You write the SQL query below. Add an ORDER BY clause that will sort the employees by hire date in descending order.
SELECT
*
FROM
employee
ORDER BY hire_date DESC;
Results:
+-------------+-----------+------------+---------------------+------------+---------------------+---------------------+-----------------------------+------------+-------+---------+-------------+-------------------+-------------------+--------------------------+
| employee_id | last_name | first_name | title | reports_to | birth_date | hire_date | address | city | state | country | postal_code | phone | fax | email |
+-------------+-----------+------------+---------------------+------------+---------------------+---------------------+-----------------------------+------------+-------+---------+-------------+-------------------+-------------------+--------------------------+
| 8 | Callahan | Laura | IT Staff | 6 | 1968-01-09 00:00:00 | 2004-03-04 00:00:00 | 923 7 ST NW | Lethbridge | AB | Canada | T1H 1Y8 | +1 (403) 467-3351 | +1 (403) 467-8772 | [email protected] |
| 7 | King | Robert | IT Staff | 6 | 1970-05-29 00:00:00 | 2004-01-02 00:00:00 | 590 Columbia Boulevard West | Lethbridge | AB | Canada | T1K 5N8 | +1 (403) 456-9986 | +1 (403) 456-8485 | [email protected] |
| 5 | Johnson | Steve | Sales Support Agent | 2 | 1965-03-03 00:00:00 | 2003-10-17 00:00:00 | 7727B 41 Ave | Calgary | AB | Canada | T3B 1Y7 | 1 (780) 836-9987 | 1 (780) 836-9543 | [email protected] |
| 6 | Mitchell | Michael | IT Manager | 1 | 1973-07-01 00:00:00 | 2003-10-17 00:00:00 | 5827 Bowness Road NW | Calgary | AB | Canada | T3B 0C5 | +1 (403) 246-9887 | +1 (403) 246-9899 | [email protected] |
| 4 | Park | Margaret | Sales Support Agent | 2 | 1947-09-19 00:00:00 | 2003-05-03 00:00:00 | 683 10 Street SW | Calgary | AB | Canada | T2P 5G3 | +1 (403) 263-4423 | +1 (403) 263-4289 | [email protected] |
| 1 | Adams | Andrew | General Manager | None | 1962-02-18 00:00:00 | 2002-08-14 00:00:00 | 11120 Jasper Ave NW | Edmonton | AB | Canada | T5K 2N1 | +1 (780) 428-9482 | +1 (780) 428-3457 | [email protected] |
| 2 | Edwards | Nancy | Sales Manager | 1 | 1958-12-08 00:00:00 | 2002-05-01 00:00:00 | 825 8 Ave SW | Calgary | AB | Canada | T2P 2T3 | +1 (403) 262-3443 | +1 (403) 262-3322 | [email protected] |
| 3 | Peacock | Jane | Sales Support Agent | 2 | 1973-08-29 00:00:00 | 2002-04-01 00:00:00 | 1111 6 Ave SW | Calgary | AB | Canada | T2P 5M5 | +1 (403) 262-3443 | +1 (403) 262-6712 | [email protected] |
+-------------+-----------+------------+---------------------+------------+---------------------+---------------------+-----------------------------+------------+-------+---------+-------------+-------------------+-------------------+--------------------------+
What employee appears in row 1 of your query result?
A. Margaret Park
B. Laura Callahan
C. Robert King
D. Nancy Edwards
The correct answer is B. Laura Callahan.
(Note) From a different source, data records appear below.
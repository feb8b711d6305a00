//! The verbs of the trace text.

ghost use Rattle.std.specs.Prelude.{◌≡◌, ◌≤◌, ◌++◌, [], ◌∷◌, length, take, drop, IfSome};
ghost use Rattle.std.specs.Int.{to_le_bytes, w32};
ghost use Rattle.hg_wire.specs.InFront.{BeginsWith};
ghost use Rattle.hg_wire.specs.Holds.{verb_on};
ghost use Rattle.hg_wire.specs.Verbs.{row_of, verb_of, Makes};

use hg_model::event::{Access, Block, Event, HoldKind};

/// A verb of the trace text (this project's profile).
#[derive(Clone, Copy, Debug, PartialEq, Eq, Drop)]
pub enum Verb {
    Fork,
    Join,
    Lock,
    RdLock,
    Unlock,
    Read,
    Write,
    Alloc,
    Free,
    Send,
    Recv,
}

const VERBS: [Verb; 11] = [
    Verb::Fork,
    Verb::Join,
    Verb::Lock,
    Verb::RdLock,
    Verb::Unlock,
    Verb::Read,
    Verb::Write,
    Verb::Alloc,
    Verb::Free,
    Verb::Send,
    Verb::Recv,
];

impl Verb {
    ghost use Rattle.hg_wire.specs.Verbs.{row_of};
    ghost use Rattle.hg_wire.specs.Lines.{verb_named};

    /// The verb as it is spelled.
    #[inline(always)]
    pub fn text(self) -> &'static [u8]
        ensures { result.now ≡ (row_of self).text }
    {
        match self {
            Verb::Fork => b"fork",
            Verb::Join => b"join",
            Verb::Lock => b"lock",
            Verb::RdLock => b"rdlock",
            Verb::Unlock => b"unlock",
            Verb::Read => b"read",
            Verb::Write => b"write",
            Verb::Alloc => b"alloc",
            Verb::Free => b"free",
            Verb::Send => b"send",
            Verb::Recv => b"recv",
        }
    }

    /// The width in bits of each of its operands.
    pub fn widths(self) -> &'static [u8]
        ensures { result.now ≡ (row_of self).widths }
    {
        let verb = self;
        match verb {
            Verb::Fork | Verb::Join | Verb::Lock | Verb::RdLock | Verb::Unlock => &[16, 16],
            Verb::Read | Verb::Write => &[16, 64, 8],
            Verb::Alloc | Verb::Free => &[16, 64, 32],
            Verb::Send | Verb::Recv => &[16, 32],
        }
    }

    /// The verb that the token is, if it is one.
    #[tactic(auto, unfolding(crate::specs::Lines::verb_named))]
    pub fn named(token: &[u8]) -> Option<Verb>
        ensures { result ≡ verb_named token.now }
    {
        VERBS.iter().copied().find(|verb| verb.text() == token)
    }
}

/// A verb by the kind of its operands.
#[derive(Clone, Copy, Debug, PartialEq, Eq, Drop)]
pub enum VerbKind {
    /// `fork`, `join`, `lock`, `rdlock`, `unlock`, `send` or `recv`: a thread and a child, a lock or a message.
    Pair { verb: Verb },
    /// `read` or `write`: a thread, an address and a length of 8 bits.
    Access { is_write: bool },
    /// `alloc` or `free`: a thread, an address and a length of 32 bits.
    Block { is_alloc: bool },
}

// The first four letters of each verb, as `first_letters` gives them.
const FIRST_OF_WRITE: u32 = 0x7469_7277;

const FIRST_OF_READ: u32 = 0x6461_6572;

const FIRST_OF_ALLOC: u32 = 0x6f6c_6c61;

const FIRST_OF_FREE: u32 = 0x6565_7266;

const FIRST_OF_LOCK: u32 = 0x6b63_6f6c;

const FIRST_OF_UNLOCK: u32 = 0x6f6c_6e75;

const FIRST_OF_RDLOCK: u32 = 0x6f6c_6472;

const FIRST_OF_FORK: u32 = 0x6b72_6f66;

const FIRST_OF_JOIN: u32 = 0x6e69_6f6a;

const FIRST_OF_SEND: u32 = 0x646e_6573;

const FIRST_OF_RECV: u32 = 0x7663_6572;

/// The first four bytes as a number, low byte first.
#[inline(always)]
fn first_letters(bytes: &[u8]) -> u32
    requires { 4 ≤ length bytes.now }
    ensures { to_le_bytes w32 result ≡ take 4 bytes.now }
{
    u32::from_le_bytes([bytes[0], bytes[1], bytes[2], bytes[3]])
}

/// The verb that the bytes begin with, and where it ends.
#[inline(always)]
pub(crate) fn verb_in_front(bytes: &[u8]) -> Option<(VerbKind, usize)>
    requires { 6 ≤ length bytes.now }
    ensures verb { IfSome result (λ found. BeginsWith bytes.now (verb_of found.0) found.1) }
    ensures near { IfSome result (λ found. found.1 ≤ 6) }
{
    if let Some((is_write, end)) = access_verb_in_front(bytes) {
        return Some((VerbKind::Access { is_write }, end));
    }
    if let Some((is_alloc, end)) = block_verb_in_front(bytes) {
        return Some((VerbKind::Block { is_alloc }, end));
    }
    let (verb, end) = pair_verb_in_front(bytes)?;
    Some((VerbKind::Pair { verb }, end))
}

/// Whether the bytes begin with `write` (true) or with `read` (false), and where that ends.
#[inline(always)]
pub(crate) fn access_verb_in_front(bytes: &[u8]) -> Option<(bool, usize)>
    requires { 6 ≤ length bytes.now }
    ensures verb { IfSome result (λ found. BeginsWith bytes.now (verb_of (VerbKind.Access found.0)) found.1) }
    ensures near { IfSome result (λ found. found.1 ≤ 6) }
{
    let first = first_letters(bytes);
    if first == FIRST_OF_WRITE && bytes[4] == b'e' {
        return Some((true, 5));
    }
    if first == FIRST_OF_READ {
        return Some((false, 4));
    }
    None
}

/// Whether the bytes begin with `alloc` (true) or with `free` (false), and where that ends.
#[inline(always)]
fn block_verb_in_front(bytes: &[u8]) -> Option<(bool, usize)>
    requires { 6 ≤ length bytes.now }
    ensures verb { IfSome result (λ found. BeginsWith bytes.now (verb_of (VerbKind.Block found.0)) found.1) }
    ensures near { IfSome result (λ found. found.1 ≤ 6) }
{
    let first = first_letters(bytes);
    if first == FIRST_OF_ALLOC && bytes[4] == b'c' {
        return Some((true, 5));
    }
    if first == FIRST_OF_FREE {
        return Some((false, 4));
    }
    None
}

/// Which of `lock`, `rdlock` and `unlock` the bytes begin with, if with one, and where it ends.
#[inline(always)]
pub(crate) fn hold_verb_in_front(bytes: &[u8]) -> Option<(HoldKind, usize)>
    requires { 6 ≤ length bytes.now }
    ensures verb { IfSome result (λ found. BeginsWith bytes.now (verb_on found.0) found.1) }
    ensures near { IfSome result (λ found. found.1 ≤ 6) }
{
    let first = first_letters(bytes);
    if first == FIRST_OF_LOCK {
        return Some((HoldKind::Lock, 4));
    }
    if first == FIRST_OF_UNLOCK && bytes[4] == b'c' && bytes[5] == b'k' {
        return Some((HoldKind::Unlock, 6));
    }
    if first == FIRST_OF_RDLOCK && bytes[4] == b'c' && bytes[5] == b'k' {
        return Some((HoldKind::RdLock, 6));
    }
    None
}

/// The verb of an operation on a lock.
#[inline(always)]
fn hold_verb(kind: HoldKind) -> Verb
    ensures { result ≡ verb_on kind }
{
    match kind {
        HoldKind::Lock => Verb::Lock,
        HoldKind::RdLock => Verb::RdLock,
        HoldKind::Unlock => Verb::Unlock,
    }
}

/// Which verb of two operands the bytes begin with, and where it ends.
#[inline(always)]
fn pair_verb_in_front(bytes: &[u8]) -> Option<(Verb, usize)>
    requires { 6 ≤ length bytes.now }
    ensures verb { IfSome result (λ found. BeginsWith bytes.now found.0 found.1) }
    ensures near { IfSome result (λ found. found.1 ≤ 6) }
{
    if let Some((kind, end)) = hold_verb_in_front(bytes) {
        return Some((hold_verb(kind), end));
    }
    let first = first_letters(bytes);
    if first == FIRST_OF_FORK {
        return Some((Verb::Fork, 4));
    }
    if first == FIRST_OF_JOIN {
        return Some((Verb::Join, 4));
    }
    if first == FIRST_OF_SEND {
        return Some((Verb::Send, 4));
    }
    if first == FIRST_OF_RECV {
        return Some((Verb::Recv, 4));
    }
    None
}

/// The value, where it fits 16 bits.
#[inline(always)]
fn short_of(value: u64) -> Option<u16>
    ensures { IfSome result (λ short. short ≡ value) }
{
    if value > 0xffff {
        return None;
    }
    Some(value as u16)
}

/// The value, where it fits 32 bits.
#[inline(always)]
fn message_of(value: u64) -> Option<u32>
    ensures { IfSome result (λ message. message ≡ value) }
{
    if value > 0xffff_ffff {
        return None;
    }
    Some(value as u32)
}

/// The event of a verb that takes two operands, where they fit.
#[inline(always)]
pub fn pair_event(verb: Verb, first: u16, second: u64) -> Option<Event>
    ensures { IfSome result (λ event. Makes verb (first ∷ second ∷ []) event) }
{
    match verb {
        Verb::Fork => Some(Event::Fork {
            p: first,
            c: short_of(second)?,
        }),
        Verb::Join => Some(Event::Join {
            p: first,
            c: short_of(second)?,
        }),
        Verb::Lock => Some(Event::Lock {
            t: first,
            l: short_of(second)?,
        }),
        Verb::RdLock => Some(Event::RdLock {
            t: first,
            l: short_of(second)?,
        }),
        Verb::Unlock => Some(Event::Unlock {
            t: first,
            l: short_of(second)?,
        }),
        Verb::Send => Some(Event::Send {
            t: first,
            k: message_of(second)?,
        }),
        Verb::Recv => Some(Event::Recv {
            t: first,
            k: message_of(second)?,
        }),
        Verb::Read | Verb::Write | Verb::Alloc | Verb::Free => None,
    }
}

/// The event of a verb that takes three operands, where they fit. The length has 16 bits here, as in a usual line; one of a
/// block that has more is read token by token.
#[inline(always)]
pub fn sized_event(kind: VerbKind, t: u16, at: u64, len: u16) -> Option<Event>
    ensures { IfSome result (λ event. Makes (verb_of kind) (t ∷ at ∷ len ∷ []) event) }
{
    match kind {
        VerbKind::Pair { verb: _ } => None,
        VerbKind::Access { is_write } => access_event(is_write, t, at, len),
        VerbKind::Block { is_alloc } => Some(block_event(is_alloc, t, at, len)),
    }
}

#[inline(always)]
fn access_event(is_write: bool, t: u16, at: u64, len: u16) -> Option<Event>
    ensures { IfSome result (λ event. Makes (verb_of (VerbKind.Access is_write)) (t ∷ at ∷ len ∷ []) event) }
{
    if len > 0xff {
        return None;
    }
    let len = len as u8;
    let access = Access { t, at, len };
    match is_write {
        true => Some(Event::Write(access)),
        false => Some(Event::Read(access)),
    }
}

#[inline(always)]
fn block_event(is_alloc: bool, t: u16, at: u64, len: u16) -> Event
    ensures { Makes (verb_of (VerbKind.Block is_alloc)) (t ∷ at ∷ len ∷ []) result }
{
    let block = Block {
        t,
        at,
        len: u32::from(len),
    };
    match is_alloc {
        true => Event::Alloc(block),
        false => Event::Free(block),
    }
}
Explain: The clause ORDER BY hire_date DESC
will sort the employees by hire date in descending order. The complete query is SELECT * FROM employee ORDER BY hire_date DESC
. The ORDER BY clause tells the database how to organize the data it returns. The ORDER BY clause sorts data in ascending order by default. The DESC command is used to sort data in descending order.
The employee Laura Callahan appears in row 1 of your query result.